CWP: Ah, yes, the prick, or prickle of something that is bothering you and returning to it. That courage to work with something that niggles and you don’t even know why yet. Accessing your subconscious ‘knowing’ and going with it.
LH: I am fascinated by the unknown and in not knowing - in the concept of anamnesis - uncovering what we might already know.
Left: On a Green Day She Wears Her Felt Dress, oil on canvas [94x56cm], 2019
Right: Doodle, 2019
© Laura Hudson
CWP: What are you working on now?
LH: At the time of lockdown I was artist-in-residence at Hertford Arts Hub, responding to the legacy of Alan Davie. The span of pictorial languages in Davie’s work from ancient symbols to domestic motifs intrigued me so I was looking at how they behaved in his paintings - to identify the individual symbols and catalogue them as Jings!
Jings is a Scottish interjection used as an exclamation of surprise or in lieu of swearing. Without any specific meaning of its own, Jings is a vocalisation of an individual response, contingent, mobile, it never quite means the same thing twice - it’s all about context and that’s how I felt these forms, signs, sigils, glyphs, pictograms, ideographs, psychodiagrams, signals, motifs and symbols behaved - a perfect logos for Alan Davie’s enigmatic imagery.
© Portrait of Laura Hudson courtesy of Rachel Ara
Studio table July 2020 - work in progress on Codec-19 [A symbolic guide to Covid-19 pandemic], ink on Somerset paper. 17x17cm x 40 © Laura Hudson
When the project was locked-down the concluding exhibition (an immersive painting) was cancelled and Hertford Arts Hub generously offered to support an alternative final outcome, so I’ve been working on a Book of Jings!

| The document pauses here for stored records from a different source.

ghost use Rattle.cipher.specs.Bench.{bench_sum};
ghost use Rattle.block.proofs.Sums.{fits_xor, xor-twice};

use crate::tweak::Tweak;
use crate::tweakable::TweakableCipher;
use block::diblock::Block;

// A cipher for the test bench: adds the body to the block. It has no key and hides nothing.
#[derive(Clone, Copy)]
pub struct BenchCipher;

impl TweakableCipher for BenchCipher {
    ghost encrypted = { λ _. bench_sum };

    ghost decrypted = { λ _. bench_sum };

    ghost encfits = { λ c head body x p q r. fits_xor body x q r };

    ghost decfits = { λ c head body x p q r. fits_xor body x q r };

    ghost decenc = { λ c head body x p q r. xor-twice body x };

    ghost encdec = { λ c head body x p q r. xor-twice body x };

    fn encrypt(&self, tweak: Tweak, block: Block) -> Block {
        tweak.body ^ block
    }

    fn decrypt(&self, tweak: Tweak, block: Block) -> Block {
        self.encrypt(tweak, block)
    }
}
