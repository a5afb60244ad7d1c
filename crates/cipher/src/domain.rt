ghost use Rattle.std.specs.Prelude.{◌≡◌};
ghost use Rattle.cipher.specs.Tweaks.{number_of};

// The number of a domain of the mode. A domain is told by its written name and not by an enum, since the mode's definitions
// name it so. Another name has none.
pub fn domain_number(name: &str) -> Option<u8>
    ensures { result ≡ number_of name.now }
{
    match name {
        "t" => Some(1),
        "s" => Some(2),
        "c" => Some(3),
        "b" => Some(4),
        "xL" => Some(5),
        "xR" => Some(6),
        "yL" => Some(7),
        "yR" => Some(8),
        "p" => Some(9),
        "ts" => Some(10),
        "ss" => Some(11),
        "cs" => Some(12),
        "bs" => Some(13),
        _ => None,
    }
}
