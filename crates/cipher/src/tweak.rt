ghost use Rattle.std.specs.Prelude.{◌≡◌};
ghost use Rattle.cipher.specs.Tweaks.{head_of};

use block::diblock::Block;

// What a block is encrypted under, beside the key.
#[derive(Clone, Copy)]
pub struct Tweak {
    pub head: Block,
    pub body: Block,
}

impl Tweak {
    // The head has the domain's number in byte 0 and the index in bytes 12 to 15.
    pub fn new(domain: u8, index: u32, body: Block) -> Tweak
        ensures head { result.head ≡ head_of domain index }
        ensures body { result.body ≡ body }
    {
        Tweak {
            head: ((domain as u128) << 120) + index as u128,
            body,
        }
    }
}
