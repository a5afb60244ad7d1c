ghost use Rattle.std.specs.Prelude.{◌≡◌, ℕ};
ghost use Rattle.block.specs.Blocks.{IsBlock};

use crate::tweak::Tweak;
use block::diblock::Block;

// A tweakable cipher: two functions from a head, a body and a block to a block, of which each undoes the other.
pub trait TweakableCipher {
    ghost encrypted: { Self → ℕ → ℕ → ℕ → ℕ };

    ghost decrypted: { Self → ℕ → ℕ → ℕ → ℕ };

    fn encrypt(&self, tweak: Tweak, block: Block) -> Block
        ensures { result ≡ encrypted self.now tweak.head tweak.body block };

    fn decrypt(&self, tweak: Tweak, block: Block) -> Block
        ensures { result ≡ decrypted self.now tweak.head tweak.body block };

    ghost encfits: { (c : Self) (head body x : ℕ) → IsBlock head → IsBlock body → IsBlock x → IsBlock (encrypted c head body x) };

    ghost decfits: { (c : Self) (head body x : ℕ) → IsBlock head → IsBlock body → IsBlock x → IsBlock (decrypted c head body x) };

    ghost decenc: { (c : Self) (head body x : ℕ) → IsBlock head → IsBlock body → IsBlock x → decrypted c head body (encrypted c head body x) ≡ x };

    ghost encdec: { (c : Self) (head body x : ℕ) → IsBlock head → IsBlock body → IsBlock x → encrypted c head body (decrypted c head body x) ≡ x };
}
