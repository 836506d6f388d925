//! One row, any number of times.
ghost use Rattle.std.specs.Prelude.{◌≡◌, replicate, None, slice_index_or};
ghost use Rattle.std.specs.Option.{option_map};

use crate::Source;

/// A single operand as a source or as positions: every row is the same.
#[derive(Clone, Copy)]
pub struct Repeated<T> {
    pub(crate) row: Option<T>,
    // The caller's: no list tells it.
    pub(crate) rows: usize,
}

impl<T: Copy> Repeated<T> {
    /// The row, as many times.
    pub fn new(row: Option<T>, rows: usize) -> Repeated<T>
        ensures row { result.row ≡ row }
        ensures rows { result.rows ≡ rows }
    {
        Repeated { row, rows }
    }

    /// The row at a number; nothing past the end.
    pub(crate) fn at(&self, row: usize) -> Option<T>
        ensures { result ≡ slice_index_or (replicate self.now.rows self.now.row) row None }
    {
        if row >= self.rows {
            return None;
        }
        self.row
    }
}

impl<'a> Source<'a> for Repeated<&'a str> {
    ghost listed = { λ s. replicate s.rows (option_map (λ x. x.now) s.row) };

    fn rows(&self) -> usize {
        self.rows
    }

    fn text(&self, row: usize) -> Option<&'a str> {
        self.at(row)
    }
}
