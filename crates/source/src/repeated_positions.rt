//! One row repeated, as positions.
ghost use Rattle.std.specs.Prelude.{replicate};

use crate::Positions;
use crate::repeated::Repeated;

impl Positions for Repeated<i64> {
    ghost numbered = { λ s. replicate s.rows s.row };

    fn rows(&self) -> usize {
        self.rows
    }

    fn position(&self, row: usize) -> Option<i64> {
        self.at(row)
    }
}
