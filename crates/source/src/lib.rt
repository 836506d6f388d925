//! Sources: what rows of text, and positions beside them, are read from. The traits say what these mean; code above is generic over them.
//! Here are windows, and one row repeated; the columns are sources too.
#![tactic(auto)]

ghost use Rattle.std.specs.Prelude.{◌≡◌, List, length, ℤ, None, Option, slice_index_or};
ghost use Rattle.source.specs.Rows.{Row};
ghost use Rattle.std.specs.Option.{option_map};

pub mod repeated;
mod repeated_positions;
pub mod window;

/// A source means a list of rows, each null or a text. A question changes nothing.
pub trait Source<'a> {
    ghost listed: { Self → List Row };

    /// The number of rows.
    fn rows(&self) -> usize
        ensures { result ≡ length (listed self.now) };

    /// The text of a row; nothing where the row is null or past the end.
    fn text(&self, row: usize) -> Option<&'a str>
        ensures { option_map (λ x. x.now) result ≡ slice_index_or (listed self.now) row None };
}

/// Positions mean a list of rows, each null or a number. A question changes nothing.
// A trait of its own: a row of a source means the bytes that its text lends, a row of positions the number itself.
pub trait Positions {
    ghost numbered: { Self → List (Option ℤ) };

    /// The number of rows.
    fn rows(&self) -> usize
        ensures { result ≡ length (numbered self.now) };

    /// The number at a row; nothing where the row is null or past the end.
    fn position(&self, row: usize) -> Option<i64>
        ensures { result ≡ slice_index_or (numbered self.now) row None };
}
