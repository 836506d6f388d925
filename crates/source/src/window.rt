//! Windows: some rows, one after the other.
ghost use Rattle.std.specs.Prelude.{◌≡◌, ◌+◌, ◌-◌, min, nat_le};
ghost use Rattle.source.specs.Rows.{meant, window, window_of};

use crate::{Positions, Source};
use fault::Fault;

/// Rows of a source or of positions, from one on. A window is such a thing too, so windows of it can be taken.
#[derive(Clone, Copy)]
pub struct Window<'w, S> {
    source: &'w S,
    first: usize,
    // The caller's: no list tells it.
    rows: usize,
}

/// Whether the window reaches no further than all the rows. No sum may wrap.
fn is_within(first: usize, rows: usize, all: usize) -> bool
    ensures { result ≡ nat_le (first + rows) all }
{
    first.checked_add(rows).is_some_and(|end| end <= all)
}

impl<'w, S> Window<'w, S> {
    /// Refused where the window reaches past the source's rows.
    pub fn new<'a>(source: &'w S, first: usize, rows: usize) -> Result<Window<'w, S>, Fault>
    where
        S: Source<'a>,
        ensures { meant (λ w. window w.first w.rows (S.Source.listed w.source.now)) result ≡ window_of first rows (S.Source.listed source.now) }
    {
        if !is_within(first, rows, source.rows()) {
            return Err(Fault::Window);
        }
        Ok(Window {
            source,
            first,
            rows,
        })
    }

    /// The same of positions.
    // Beside `new`: one over a trait of both could speak of how many rows there are, and not of the rows.
    pub fn of_positions(positions: &'w S, first: usize, rows: usize) -> Result<Window<'w, S>, Fault>
    where
        S: Positions,
        ensures { meant (λ w. window w.first w.rows (S.Positions.numbered w.source.now)) result ≡ window_of first rows (S.Positions.numbered positions.now) }
    {
        if !is_within(first, rows, positions.rows()) {
            return Err(Fault::Window);
        }
        Ok(Window {
            source: positions,
            first,
            rows,
        })
    }

    /// How many of the rows there are, among so many.
    fn clipped(&self, all: usize) -> usize
        ensures { result ≡ min self.now.rows (all - self.now.first) }
    {
        self.rows.min(all.saturating_sub(self.first))
    }
}

impl<'w, 'a, S: Source<'a>> Source<'a> for Window<'w, S> {
    ghost listed = { λ w. window w.first w.rows (S.Source.listed w.source.now) };

    fn rows(&self) -> usize {
        self.clipped(self.source.rows())
    }

    fn text(&self, row: usize) -> Option<&'a str> {
        if row >= self.clipped(self.source.rows()) {
            return None;
        }
        self.source.text(self.first + row)
    }
}

impl<'w, S: Positions> Positions for Window<'w, S> {
    ghost numbered = { λ w. window w.first w.rows (S.Positions.numbered w.source.now) };

    fn rows(&self) -> usize {
        self.clipped(self.source.rows())
    }

    fn position(&self, row: usize) -> Option<i64> {
        if row >= self.clipped(self.source.rows()) {
            return None;
        }
        self.source.position(self.first + row)
    }
}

Based on my initial drawings, it's a museological collection with its own invented taxonomy borrowing from existing but disparate realms; flavour from ice cream, weight from boxing or speed from music and expanding out into nonsensical categories that might illuminate by their irreverent and surreal nature in a way that reflects Davie’s embrace of not knowing.

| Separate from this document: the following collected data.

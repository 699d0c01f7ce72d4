//! The forward Walsh-Hadamard transform, columns first.

ghost use Rattle.std.specs.Prelude.{◌≡◌, ℕ, ℤ, pos, ◌+ℤ◌, ◌-ℤ◌, ◌≤ℤ◌, ◌*◌, ◌+◌, ◌<◌, All};
ghost use Rattle.sal_macroblock.specs.Sizes.{Within};
ghost use Rattle.sal_transform.specs.Inverse.{down};
ghost use Rattle.sal_transform.specs.Hadamard.{sum_0, sum_1, sum_2, sum_3};
ghost use Rattle.sal_transform.specs.Forward.{half, forward_y2_of};

#[tactic(auto, unfolding(crate::specs::Forward::half))]
fn half(x: i32) -> i32
    requires { Within 32640 x }
    ensures value { result ≡ half x }
    ensures small { Within 16320 result }
{
    (x + 1) >> 1
}

// One column.
fn sums(x0: i32, x1: i32, x2: i32, x3: i32) -> (i32, i32, i32, i32)
    requires x0 { Within 2040 x0 }
    requires x1 { Within 2040 x1 }
    requires x2 { Within 2040 x2 }
    requires x3 { Within 2040 x3 }
    ensures y0 { (result.0 ≡ sum_0 x0 x1 x2 x3) × Within 8160 result.0 }
    ensures y1 { (result.1 ≡ sum_1 x0 x1 x2 x3) × Within 8160 result.1 }
    ensures y2 { (result.2 ≡ sum_2 x0 x1 x2 x3) × Within 8160 result.2 }
    ensures y3 { (result.3 ≡ sum_3 x0 x1 x2 x3) × Within 8160 result.3 }
{
    let a = x0 + x3;
    let b = x1 + x2;
    let c = x1 - x2;
    let d = x0 - x3;
    (a + b, c + d, a - b, d - c)
}

// One row, halved.
fn half_row(x0: i32, x1: i32, x2: i32, x3: i32) -> (i32, i32, i32, i32)
    requires x0 { Within 8160 x0 }
    requires x1 { Within 8160 x1 }
    requires x2 { Within 8160 x2 }
    requires x3 { Within 8160 x3 }
    ensures y0 { (result.0 ≡ half (sum_0 x0 x1 x2 x3)) × Within 16320 result.0 }
    ensures y1 { (result.1 ≡ half (sum_1 x0 x1 x2 x3)) × Within 16320 result.1 }
    ensures y2 { (result.2 ≡ half (sum_2 x0 x1 x2 x3)) × Within 16320 result.2 }
    ensures y3 { (result.3 ≡ half (sum_3 x0 x1 x2 x3)) × Within 16320 result.3 }
{
    let a = x0 + x3;
    let b = x1 + x2;
    let c = x1 - x2;
    let d = x0 - x3;
    (half(a + b), half(c + d), half(a - b), half(d - c))
}

// The sums of column c.
fn column(block: &[i32; 16], c: usize) -> (i32, i32, i32, i32)
    requires small { All (Within 2040) block.now }
    requires column { c < 4 }
    ensures y0 { (result.0 ≡ down sum_0 block.now c) × Within 8160 result.0 }
    ensures y1 { (result.1 ≡ down sum_1 block.now c) × Within 8160 result.1 }
    ensures y2 { (result.2 ≡ down sum_2 block.now c) × Within 8160 result.2 }
    ensures y3 { (result.3 ≡ down sum_3 block.now c) × Within 8160 result.3 }
{
    sums(block[c], block[c + 4], block[c + 8], block[c + 12])
}

/// The forward Walsh-Hadamard transform of the first values of a macroblock's sixteen luma blocks in raster order: columns, then rows,
/// each result a half, rounded up.
pub fn forward_y2(block: &[i32; 16]) -> [i32; 16]
    requires { All (Within 2040) block.now }
    ensures value { result ≡ forward_y2_of block.now }
    ensures small { All (Within 16320) result }
{
    let (a0, a1, a2, a3) = column(block, 0);
    let (b0, b1, b2, b3) = column(block, 1);
    let (c0, c1, c2, c3) = column(block, 2);
    let (d0, d1, d2, d3) = column(block, 3);
    let (p0, p1, p2, p3) = half_row(a0, b0, c0, d0);
    let (q0, q1, q2, q3) = half_row(a1, b1, c1, d1);
    let (r0, r1, r2, r3) = half_row(a2, b2, c2, d2);
    let (s0, s1, s2, s3) = half_row(a3, b3, c3, d3);
    [
        p0, p1, p2, p3, q0, q1, q2, q3, r0, r1, r2, r3, s0, s1, s2, s3,
    ]
}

Under the pressure of lockdown I couldn't concentrate and diverged into a new set of symbols most definitely influenced by the Jings but representing the social repercussions of the Covid-19 pandemic. This ‘Codec’ has over 40 symbols and is accompanied by a decoder. The intention is to make stencils out of some or all of these symbols so that they might appear randomly in the streets like hobo signs.
Right now I am working on the Book of Jings! and on the preparations for a large-scale mural in Bermondsey led by Paul Butler (who created the wonderful Cable Street Mural) which we start to paint in September. I am also developing ideas for a group painting show and in November I will be heading to Portugal to take part in the PADA studios residency.